As the dark turns to light we are celebrating our health care victories with a permanent spot for updates and invites to comment on the Universal Health Care Commission meeting! 

Thanks to your support, all eyes are on Washington State as we move towards publicly funded and administered state-based healthcare!  

2021 has produced a bumper for health care legislative victories in Washington.  Beginning with the UHCC, they include the creation of health equity zones, increasing affordability of standardized plans on the Health Benefit Exchange, producing/distributing/purchasing generic drugs and insulin,  and the Health Systems Transparency Board. 

Our December issue highlights our annual meeting with a big thank you to Marcia Stedman for her exemplary leadership over the past five years, and a hearty welcome to our new President Ronnie Shure. We would also like to thank Dr. Kemble for explaining in great detail how shifting of risk profitizes our healthcare system. 

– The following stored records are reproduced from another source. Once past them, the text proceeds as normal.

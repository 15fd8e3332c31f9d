// How the start of an order is found.
ghost use Rattle.rules.specs.laws.Searches.{SoundPlansLeaveAStart, NoStartFoundIsNoStart, NoMinuteFoundIsBalance, OrdersGetAStart};
ghost use Rattle.rules.specs.laws.Candidates.{FirstFailingMinuteIsTheLast, AllMinutesWhereNoneFails, LookedIsWithinTheActiveMinutes};
ghost use Rattle.rules.specs.laws.Candidates.{VerdictIsSoundness, EarliestIsTheFirstCandidate};
ghost use Rattle.rules.specs.laws.Candidates.{OrdersStartAtTheFirstCandidate, OrderTestsLookUpToTheTail};

/// The searches miss nothing: an order that is not refused gets a start, where none is found there is none, and where no unbalanced minute
/// is found all are in balance.
#[tactic(auto, using(crate::proofs::Searches::earliest_found, crate::proofs::Searches::earliest_none, crate::proofs::Searches::unbalanced_none, crate::proofs::Validity::order_starts))]
pub fn searches_complete()
    ensures found { SoundPlansLeaveAStart }
    ensures none { NoStartFoundIsNoStart }
    ensures balanced { NoMinuteFoundIsBalance }
    ensures order { OrdersGetAStart }
{}

/// The test of a candidate start looks at the minutes up to and including the first that fails, or at all active ones. Beside a sound plan
/// its verdict is that of the whole, and an order starts at the first candidate that fits.
#[tactic(auto, using(crate::proofs::TestedStarts::tested_fails, crate::proofs::TestedStarts::tested_passes, crate::proofs::TestedStarts::looked_bounds, crate::proofs::TestedStarts::candidate_sound, crate::proofs::TestedStarts::earliest_candidate, crate::proofs::TestedStarts::order_candidates, crate::proofs::TestedStarts::order_looked))]
pub fn candidate_starts()
    ensures failing { FirstFailingMinuteIsTheLast }
    ensures passing { AllMinutesWhereNoneFails }
    ensures looked { LookedIsWithinTheActiveMinutes }
    ensures verdict { VerdictIsSoundness }
    ensures earliest { EarliestIsTheFirstCandidate }
    ensures order { OrdersStartAtTheFirstCandidate }
    ensures order_looked { OrderTestsLookUpToTheTail }
{}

We are pleased to announce that we were able to reach our fundraising goal of $12,000 thanks to you. 

We would like to thank each and every one of you for supporting our work. 

And off we go merrily into the holiday season and a brand new year!


The purpose of the Universal Health Care Commission is to create immediate and impactful change in Washington’s health care delivery system and to prepare for a unified financing system that makes healthcare more accessible and affordable for all Washington residents.

Click here to sign up for UHCC announcements.

What’s the role of the commission?

The purpose of the commission is to:

  • Make the health care system more accessible by increasing access to quality, affordable health care.
  • Prepare the state for the creation of a health care system that provides coverage and access for all Washington residents:
    • Through a unified financing system.

    • Once the federal government approves this new health care system.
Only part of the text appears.